Instructions to follow: Extract all lines from the data beneath that include the word "begins".

Working data:
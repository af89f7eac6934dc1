// Runs of operation bytes.

ghost use Rattle.std.specs.Prelude.{◌≡◌, ◌≤◌, length};
ghost use Rattle.std.specs.List.{prefix_len};
ghost use Rattle.lotos_ast.specs.Bytes.{is_operation_byte};
ghost use Rattle.lotos_ast.specs.Pieces.{operation_kind};

use crate::bytes::is_operation_byte;
use lotos_ast::mark::symbol;
use lotos_ast::token::TokenKind;

// How many operation bytes stand at the front.
pub fn operation_length(text: &[u8]) -> usize
    ensures run { result ≡ prefix_len is_operation_byte text.now }
    ensures within { result ≤ length text.now }
{
    let mut count = 0;
    for byte in text {
        if !is_operation_byte(*byte) {
            return count;
        }
        count += 1;
    }
    count
}

// The class of a run of operation bytes.
pub fn operation_kind(run: &[u8]) -> TokenKind
    ensures { result ≡ operation_kind run.now }
{
    if symbol(run).is_some() {
        TokenKind::Symbol
    } else {
        TokenKind::Operation
    }
}
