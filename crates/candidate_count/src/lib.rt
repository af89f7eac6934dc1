//! How many possible agreements a tree of nodes has, up to a limit.
#![tactic(auto)]

pub mod counting;
pub mod laws;
mod places;
mod trees;
mod walking;
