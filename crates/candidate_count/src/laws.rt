// What follows from the definitions: each law is the contract of a function that does nothing.

ghost use Rattle.candidate_count.specs.Examples.{OffersAreAsWorked};
ghost use Rattle.candidate_count.specs.Laws.{TreesHaveNoMoreOffers};

/// A tree of nodes, where the plans of each that is expanded are those that its origin's constructs make, has no more possible agreements
/// than the behaviour for which it stands.
pub fn trees_have_no_more_offers()
    ensures { TreesHaveNoMoreOffers }
{}

/// Worked numbers of possible agreements.
pub fn offers_are_as_worked()
    ensures { OffersAreAsWorked }
{}
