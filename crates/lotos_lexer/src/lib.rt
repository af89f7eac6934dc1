//! The tokens of a text.
#![tactic(auto)]

mod bytes;
mod comment;
mod operation;
mod piece;
mod refusals;
mod symbol;
mod tokenize;
mod word;

pub use tokenize::{TEXT_LIMIT, tokens};
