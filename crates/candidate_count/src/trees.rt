// The walk along a plan in a tree of nodes.

ghost use Rattle.std.specs.Prelude.{◌≡◌};
ghost use Rattle.spec_core.specs.Code.{program_of};
ghost use Rattle.spec_core.specs.Ready.{IsReady};
ghost use Rattle.symbolic_plans.specs.Parts.{plan_of_part};
ghost use Rattle.symbolic_plans.specs.Plans.{plan_of};
ghost use Rattle.node_trees.specs.Origins.{meaning, source_of};
ghost use Rattle.node_trees.specs.Shapes.{applied, joined, shape_of, stands_for, unary_of, binary_of};
ghost use Rattle.candidate_count.specs.Predicates as predicates;

use crate::places::place_of;
use crate::walking;
use node_trees::branch::{Branch, Double, Single};
use node_trees::origin::Origin;
use spec_core::code::Checked;
use symbolic_plans::part::{FirstRule, SchemePart};
use symbolic_plans::scheme::{Row, Scheme};

// Whether along a plan an action prefix of what an origin stands for has a selection predicate.
fn in_origin(checked: &Checked, origin: &Origin, plan: SchemePart<'_>) -> bool
    requires ready { IsReady (program_of checked.now) }
    ensures { result ≡ predicates.has_predicate (program_of checked.now) (plan_of_part plan.entry)
        (meaning (program_of checked.now) (source_of origin.now)) }
{
    walking::has_predicate(checked, place_of(checked, origin), plan)
}

/// Whether along a plan an action prefix of what the tree stands for has a selection predicate. It takes no memory, and recurs as deep as
/// operators nest and the plan is.
pub fn has_predicate(checked: &Checked, branch: &Branch, scheme: &Scheme) -> bool
    requires ready { IsReady (program_of checked.now) }
    ensures predicate { result ≡ predicates.has_predicate (program_of checked.now) (plan_of scheme.now)
        (stands_for (program_of checked.now) (shape_of branch.now)) }
{
    in_branch(checked, branch, scheme.whole())
}

// The same along a part of a plan.
#[cycle(in_branch)]
fn in_branch(checked: &Checked, branch: &Branch, plan: SchemePart<'_>) -> bool
    requires ready { IsReady (program_of checked.now) }
    ensures predicate { result ≡ predicates.has_predicate (program_of checked.now) (plan_of_part plan.entry)
        (stands_for (program_of checked.now) (shape_of branch.now)) }
{
    match branch {
        Branch::Leaf(node) => in_origin(checked, &node.origin, plan),
        Branch::Ended => false,
        Branch::Over(operator, part) => over_part(checked, operator, part, plan),
        Branch::Between(operator, left, right) => {
            between_sides(checked, operator, left, right, plan)
        }
    }
}

// The same of an operator over one part.
#[cycle(in_branch)]
fn over_part(checked: &Checked, operator: &Single, part: &Branch, plan: SchemePart<'_>) -> bool
    requires ready { IsReady (program_of checked.now) }
    ensures { result ≡ predicates.has_predicate (program_of checked.now) (plan_of_part plan.entry)
        (applied (program_of checked.now) (unary_of operator.now) (stands_for (program_of checked.now) (shape_of part.now))) }
{
    match operator {
        Single::Hide(_) => match plan.first() {
            FirstRule::Hide(_, inner) => in_branch(checked, part, inner.whole()),
            FirstRule::Under(Row::Pass, inner) => in_branch(checked, part, inner),
            _ => false,
        },
        Single::Relabel(_) => match plan.first() {
            FirstRule::Under(Row::Rel, inner) => in_branch(checked, part, inner),
            _ => false,
        },
        Single::Enable { .. } => match plan.first() {
            FirstRule::Enend(_, inner) => in_branch(checked, part, inner.whole()),
            FirstRule::Under(Row::Enstep, inner) => in_branch(checked, part, inner),
            _ => false,
        },
    }
}

// The same of an operator over two parts.
#[cycle(in_branch)]
fn between_sides(
    checked: &Checked,
    operator: &Double,
    left: &Branch,
    right: &Branch,
    plan: SchemePart<'_>,
) -> bool
    requires ready { IsReady (program_of checked.now) }
    ensures { result ≡ predicates.has_predicate (program_of checked.now) (plan_of_part plan.entry)
        (joined (binary_of operator.now) (stands_for (program_of checked.now) (shape_of left.now))
        (stands_for (program_of checked.now) (shape_of right.now))) }
{
    match operator {
        Double::Choice => match plan.first() {
            FirstRule::Under(Row::Chl, inner) => in_branch(checked, left, inner),
            FirstRule::Under(Row::Chr, inner) => in_branch(checked, right, inner),
            _ => false,
        },
        Double::Par(_) => match plan.first() {
            FirstRule::Under(Row::Parl, inner) => in_branch(checked, left, inner),
            FirstRule::Under(Row::Parr, inner) => in_branch(checked, right, inner),
            FirstRule::Both(one, other) => {
                in_branch(checked, left, one.whole()) || in_branch(checked, right, other.whole())
            }
            _ => false,
        },
        Double::Disable => match plan.first() {
            FirstRule::Under(Row::Disstep, inner) => in_branch(checked, left, inner),
            FirstRule::Under(Row::Disend, inner) => in_branch(checked, left, inner),
            FirstRule::Under(Row::Distake, inner) => in_branch(checked, right, inner),
            _ => false,
        },
    }
}
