// Comments.

ghost use Rattle.std.specs.Prelude.{◌≡◌, ◌≤◌, IfSome, length, take};
ghost use Rattle.std.specs.List.{prefix_len};
ghost use Rattle.lotos_ast.specs.Bytes.{is_word_byte};
ghost use Rattle.lotos_ast.specs.Pieces.{comment_rest, has_word, comment_mark};

use crate::bytes::is_word_byte;
use lotos_ast::mark::is_same_word;
use lotos_ast::token::TokenKind;

// How many bytes go on a comment, up to the next `*)` and with it.
#[tactic(auto, using(crate::proofs::CommentLength::comment_rest_behind))]
pub fn comment_rest(text: &[u8]) -> Option<usize>
    ensures rest { result ≡ comment_rest text.now }
    ensures within { IfSome result (λ n. n ≤ length text.now) }
{
    for index in 0..text.len() {
        if text[index..].starts_with(b"*)") {
            return Some(index + 2);
        }
    }
    None
}

// What a comment marks.
pub fn comment_mark(comment: &[u8]) -> Option<TokenKind>
    ensures { result ≡ comment_mark comment.now }
{
    if !comment.starts_with(b"(*!") {
        None
    } else if has_word(b"external", comment) {
        Some(TokenKind::ExternalMark)
    } else if has_word(b"constructor", comment) {
        Some(TokenKind::ConstructorMark)
    } else {
        None
    }
}

// Whether a text has a word, letters compared without case.
fn has_word(word: &[u8], text: &[u8]) -> bool
    ensures { result ≡ has_word word.now text.now }
{
    let mut within = false;
    for (index, byte) in text.iter().enumerate() {
        if is_word_byte(*byte) && !within && is_same_word(first_word(&text[index..]), word) {
            return true;
        }
        within = is_word_byte(*byte);
    }
    false
}

// The word at the front of a text.
fn first_word(text: &[u8]) -> &[u8]
    ensures { result.now ≡ take (prefix_len is_word_byte text.now) text.now }
{
    let mut count = 0;
    for byte in text {
        if !is_word_byte(*byte) {
            break;
        }
        count += 1;
    }
    &text[..count]
}
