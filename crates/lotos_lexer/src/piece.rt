// The piece at the front of a text.

ghost use Rattle.std.specs.Prelude.{◌≡◌, ◌+◌, ◌<◌, ◌≤◌, length, take};
ghost use Rattle.std.specs.List.{prefix_len};
ghost use Rattle.lotos_ast.specs.Bytes.{is_operation_byte};
ghost use Rattle.lotos_ast.specs.Pieces.{first_piece, word_piece, operation_piece, symbol_piece, comment_piece};
ghost use Rattle.lotos_ast.specs.Pieces.{comment_mark, comment_length, marked, word_rest, first_length, symbols_where};
ghost use Rattle.lotos_lexer.specs.Pieces.{piece_of, IsWithin};

use crate::bytes::{is_blank, is_letter_or_digit, is_operation_byte};
use crate::comment::{comment_mark, comment_rest};
use crate::operation::{operation_kind, operation_length};
use crate::symbol::symbol_length;
use crate::word::{word_kind, word_rest};
use lotos_ast::token::TokenKind;

// What stands at the front of a text.
#[derive(Clone, Copy)]
pub enum Piece {
    // The text is empty.
    Nothing,
    // A gap of so many bytes.
    Gap(usize),
    // A token of this class, which so many bytes spell.
    Spelling(TokenKind, usize),
    // A byte that begins no token.
    Stray(u8),
    // A comment that has no end.
    Unclosed,
}

// The piece at the front of a text, where a `|[` is open or not.
pub fn first_piece(text: &[u8], opened: bool) -> Piece
    ensures piece { piece_of result ≡ first_piece opened text.now }
    ensures within { IsWithin result (length text.now) }
{
    match text {
        [] => Piece::Nothing,
        [first, rest @ ..] => {
            if is_blank(*first) {
                Piece::Gap(1)
            } else if text.starts_with(b"(*") {
                comment_piece(text)
            } else if is_letter_or_digit(*first) {
                word_piece(*first, text, rest)
            } else if is_operation_byte(*first) {
                operation_piece(text)
            } else {
                symbol_piece(*first, text, opened)
            }
        }
    }
}

// The comment at the front of a text, which begins with its two bytes.
fn comment_piece(text: &[u8]) -> Piece
    requires { 2 ≤ length text.now }
    ensures piece { piece_of result ≡ comment_piece text.now (comment_length text.now) }
    ensures within { IsWithin result (length text.now) }
{
    let (_, inside) = text.split_at(2);
    match comment_rest(inside) {
        None => Piece::Unclosed,
        Some(count) => marked(text, 2 + count),
    }
}

// The comment of this length at the front of a text.
fn marked(text: &[u8], count: usize) -> Piece
    requires some { 0 < count }
    requires within { count ≤ length text.now }
    ensures piece { piece_of result ≡ marked (comment_mark (take count text.now)) count }
    ensures within { IsWithin result (length text.now) }
{
    let (comment, _) = text.split_at(count);
    match comment_mark(comment) {
        None => Piece::Gap(count),
        Some(kind) => Piece::Spelling(kind, count),
    }
}

// The word at the front of a text, which begins with this byte and goes on behind it.
fn word_piece(first: u8, text: &[u8], rest: &[u8]) -> Piece
    requires { length text.now ≡ 1 + length rest.now }
    ensures piece { piece_of result ≡ word_piece first text.now (1 + word_rest rest.now) }
    ensures within { IsWithin result (length text.now) }
{
    let count = 1 + word_rest(rest);
    let (word, _) = text.split_at(count);
    Piece::Spelling(word_kind(first, word), count)
}

// The run of operation bytes at the front of a text.
fn operation_piece(text: &[u8]) -> Piece
    requires { 0 < prefix_len is_operation_byte text.now }
    ensures piece { piece_of result ≡ operation_piece text.now (prefix_len is_operation_byte text.now) }
    ensures within { IsWithin result (length text.now) }
{
    let count = operation_length(text);
    let (run, _) = text.split_at(count);
    Piece::Spelling(operation_kind(run), count)
}

// The symbol at the front of a text, or its first byte.
fn symbol_piece(first: u8, text: &[u8], opened: bool) -> Piece
    ensures piece { piece_of result ≡ symbol_piece first (first_length text.now (symbols_where opened)) }
    ensures within { IsWithin result (length text.now) }
{
    match symbol_length(text, opened) {
        None => Piece::Stray(first),
        Some(count) => Piece::Spelling(TokenKind::Symbol, count),
    }
}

Solution to the exercise:
    // A byte that begins no token.
// The comment at the front of a text, which begins with its two bytes.
// The word at the front of a text, which begins with this byte and goes on behind it.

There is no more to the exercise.